● GOAL OF THE EXERCISE: Show all lines from the data that include the word "Chain".

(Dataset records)

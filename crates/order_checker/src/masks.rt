// Masks that hold an order: mask x is the set of the names lower than name x.
ghost use Rattle.std.specs.Prelude.{Bool, ◌≡◌, ℕ, ◌*◌, ◌<◌, ◌≤◌, length, get_or};
ghost use Rattle.roles.specs.Role.{Chain};
ghost use Rattle.order.specs.Closure.{reaches, with_inner};
ghost use Rattle.name_sets.specs.Mask.{Holds};
ghost use Rattle.name_sets.specs.Mask.{has as has_of};
ghost use Rattle.order_masks.specs.AbsorbLaws.{grown as grown_of};

use name_sets::{has, single};
use role_bytes::name;

// The names of some roles, and all names lower than these.
pub(crate) fn reached(roles: &[u8], masks: &[u64]) -> u64
    requires by_index { (k : ℕ) → k < length roles.now → get_or roles.now k 0 < 2 * length masks.now }
    requires masks_len_bound { length masks.now ≤ 64 }
    ensures { (lower : ℕ → ℕ → Bool) → Holds masks.now lower → (y : ℕ) → y < 64
        → has_of result y ≡ reaches lower roles.now y }
{
    let mut lower = 0;
    for role in roles {
        let inner = name(*role) as usize;
        lower |= single(inner) | masks[inner];
    }
    lower
}

// Puts a set of names below a name and below all names above it.
pub(crate) fn absorb(masks: &mut [u64], right: usize, lower: u64)
    requires right_in_bounds { right < length masks.old }
    requires masks_len_bound { length masks.old ≤ 64 }
    ensures { (order : ℕ → ℕ → Bool) (inner : Chain) → Holds masks.old order
        → ((y : ℕ) → y < 64 → has_of lower y ≡ reaches order inner y) → Holds masks.new (with_inner order right inner) }
{
    masks[right] |= lower;
    for mask in masks.iter_mut() {
        *mask = grown(*mask, right, lower);
    }
}

// A mask, with the set where it has the right name. It is written in any case: names above are not told by a jump, which is often missed, and masks can be taken
// several at a time.
fn grown(mask: u64, right: usize, lower: u64) -> u64
    ensures { result ≡ grown_of right lower mask }
{
    if has(mask, right) { mask | lower } else { mask }
}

● EXERCISE OUTPUT:
ghost use Rattle.roles.specs.Role.{Chain};
    ensures { (order : ℕ → ℕ → Bool) (inner : Chain) → Holds masks.old order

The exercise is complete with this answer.